Glatiramer acetate injection is used in the treatment of relapsing forms of multiple sclerosis. There are currently three FDA-approved glatiramer acetate injection drug products on the market—all available in a single-dose prefilled syringe with an attached needle for subcutaneous administration. Patients may inject glatiramer acetate using only the syringe or by inserting the syringe into an autoinjector. The autoinjectors are reusable, designed to facilitate injections in patients with limited dexterity, and are available by prescription separately.
The table below lists the three FDA-approved glatiramer acetate injection drug products and its compatible autoinjector device that is optional for use.

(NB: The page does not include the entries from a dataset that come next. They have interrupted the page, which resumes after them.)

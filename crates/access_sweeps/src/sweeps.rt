//! Sweeps of two lists of accesses (after MPI 3.1, section 11.7).
ghost use Rattle.std.specs.Prelude.{◌≡◌, ◌≤◌, ◌<◌, ◌⊎◌, length, slice_index, true};
ghost use Rattle.rma_types.specs.declared.findings.Model.{Model as ModelValue};
ghost use Rattle.vector_clocks.specs.Marks.{before_in};
ghost use Rattle.access_sweeps.specs.Places.{AreLeastOf, ArePartners, IsLeastOf, NoneRises};
ghost use Rattle.access_sweeps.specs.Sweeps.{DoAllStand, HaveLabel, IsFrontFrom, IsSwept, IsWithin, accesses_of};
ghost use Rattle.access_sweeps.specs.Sweeps.{improved, improved_at};

use crate::fronts::{Front, Passed};
use crate::kinds::{Label, do_stand, label_of};
use crate::order::is_ordered;
use first_points::JudgedPoints;
use vector_clocks::Clocks;

/// Two lists of accesses by their places, and whether the operations of accumulates count between them.
#[derive(Clone, Copy, Debug)]
pub struct Sweep<'a> {
    pub clocks: &'a Clocks,
    pub accesses: &'a [JudgedPoints],
    pub first: &'a [usize],
    pub second: &'a [usize],
    pub by_operation: bool,
}

impl Sweep<'_> {
    /// The access at place `a` is taken as a partner of that at `b`, where it is smaller than the one so far, and `b` is
    /// not ordered before it.
    fn improve(&self, best: &mut [usize], a: usize, b: usize)
        requires partner { a < length self.now.accesses.now }
        requires there { b < length self.now.accesses.now }
        requires best { length best.old ≡ length self.now.accesses.now }
        ensures { best.new ≡ improved (before_in self.now.clocks.now)
            (accesses_of self.now) best.old a b }
    {
        if a < b && a < best[b] {
            if !is_ordered(self.clocks, &self.accesses[b], &self.accesses[a]) {
                best[b] = a;
            }
        }
    }

    /// The access at a place of the first list is taken as a partner of that at `b`, where there is one, it is smaller than
    /// the partner so far, and `b` is not ordered before it.
    fn improve_at(&self, best: &mut [usize], at: usize, b: usize)
        requires first_list { IsWithin (length self.now.accesses.now) self.now.first.now }
        requires there { b < length self.now.accesses.now }
        requires best { length best.old ≡ length self.now.accesses.now }
        ensures { best.new ≡ improved_at self.now best.old at b }
    {
        if at < self.first.len() {
            self.improve(best, self.first[at], b);
        }
    }

    /// Whether no access of the first list is smaller than the partner so far.
    fn is_settled(&self, best: &[usize], b: usize) -> bool
        requires { b < length best.now }
        ensures { result ≡ true →
            (length self.now.first.now ≡ 0) ⊎ (slice_index best.now b ≤ slice_index self.now.first.now 0) }
    {
        match self.first.first() {
            Some(least) => best[b] <= *least,
            None => true,
        }
    }

    /// Whether the accesses at the places all have this label.
    fn have_label(&self, places: &[usize], label: Option<Label>) -> bool
        requires { IsWithin (length self.now.accesses.now) places.now }
        ensures { result ≡ true → HaveLabel self.now places.now label }
    {
        for at in 0..places.len() {
            let access = &self.accesses[places[at]].access;
            if !do_stand(label_of(access, self.by_operation), label) {
                return false;
            }
        }
        true
    }

    /// Whether the accesses of both lists all have the label of the first one: each may stand beside each.
    fn do_all_stand(&self) -> bool
        requires first_list { IsWithin (length self.now.accesses.now) self.now.first.now }
        requires second_list { IsWithin (length self.now.accesses.now) self.now.second.now }
        ensures { result ≡ true → DoAllStand self.now }
    {
        match self.first.first() {
            Some(place) => {
                let label = label_of(&self.accesses[*place].access, self.by_operation);
                self.have_label(self.first, label) && self.have_label(self.second, label)
            }
            None => true,
        }
    }

    /// One access of the second list.
    fn pass(&self, front: Front, at: usize, best: &mut [usize]) -> Front
        requires first_list { IsWithin (length self.now.accesses.now) self.now.first.now }
        requires second_list { IsWithin (length self.now.accesses.now) self.now.second.now }
        requires best { length best.old ≡ length self.now.accesses.now }
        requires first { front.first ≤ front.other }
        requires other { front.other ≤ length self.now.first.now }
        requires there { at < length self.now.second.now }
        ensures long { length best.new ≡ length best.old }
        ensures first { result.first ≤ result.other }
        ensures other { result.other ≤ length self.now.first.now }
        ensures falls { NoneRises best.old best.new }
        ensures front { (model : ModelValue) → IsSwept model self.now →
            IsFrontFrom self.now front at →
            IsFrontFrom self.now result at }
        ensures partners { (model : ModelValue) → IsSwept model self.now →
            IsFrontFrom self.now front at →
            ArePartners model (before_in self.now.clocks.now) (accesses_of self.now) best.old →
            ArePartners model (before_in self.now.clocks.now) (accesses_of self.now) best.new }
        ensures least { (model : ModelValue) → IsSwept model self.now →
            IsFrontFrom self.now front at →
            IsLeastOf model (before_in self.now.clocks.now) (accesses_of self.now) self.now.first.now
            (slice_index self.now.second.now at) best.new }
    {
        let b = self.second[at];
        if self.is_settled(best, b) {
            return front;
        }
        let passed = Passed {
            clocks: self.clocks,
            accesses: self.accesses,
            places: self.first,
            by_operation: self.by_operation,
        };
        let choice = passed.choice(front, &self.accesses[b]);
        self.improve_at(best, choice.at, b);
        choice.front
    }
}

/// For each access of the second list, the least partner of the first is taken where it is smaller than the one so far.
/// Each list is gone through once. Where all may stand beside each other, no order is asked.
pub fn sweep_lists(lists: &Sweep<'_>, best: &mut [usize])
    requires first_list { IsWithin (length lists.now.accesses.now) lists.now.first.now }
    requires second_list { IsWithin (length lists.now.accesses.now) lists.now.second.now }
    requires best { length best.old ≡ length lists.now.accesses.now }
    ensures long { length best.new ≡ length best.old }
    ensures falls { NoneRises best.old best.new }
    ensures partners { (model : ModelValue) → IsSwept model lists.now →
        ArePartners model (before_in lists.now.clocks.now) (accesses_of lists.now) best.old →
        ArePartners model (before_in lists.now.clocks.now) (accesses_of lists.now) best.new }
    ensures least { (model : ModelValue) → IsSwept model lists.now →
        AreLeastOf model (before_in lists.now.clocks.now) (accesses_of lists.now) lists.now.first.now
        lists.now.second.now best.new }
{
    if lists.do_all_stand() {
        return;
    }
    let mut front = Front { first: 0, other: 0 };
    for at in 0..lists.second.len() {
        front = lists.pass(front, at, best);
    }
}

|Drug Product Name||Drug Manufacturer||Compatible Autoinjector Device|
|Copaxone (glatiramer acetate injection)||Teva Pharmaceuticals||autoject 2 for glass syringe|
|Glatopa (glatiramer acetate injection)||Sandoz||Glatopaject|
|Glatiramer Acetate injection||Viatris/Mylan||WhisperJECT|
FDA has requested that drug product manufacturers update their labeling to instruct users to confirm the autoinjector is compatible before using it to inject glatiramer acetate. Users can confirm compatibility by speaking with their health care professional or visiting the drug manufacturer's patient information website. Users should also confirm the autoinjector is compatible each time they receive a new prescription for a glatiramer acetate injection drug product.
FDA encourages health care professionals and patients to report adverse events or quality problems experienced using glatiramer acetate injection products to FDA’s MedWatch Adverse Event Reporting program. Complete and submit the report online at www.fda.gov/medwatch/report.htm; or download and complete the form, then submit it via fax at 1-800-FDA-0178.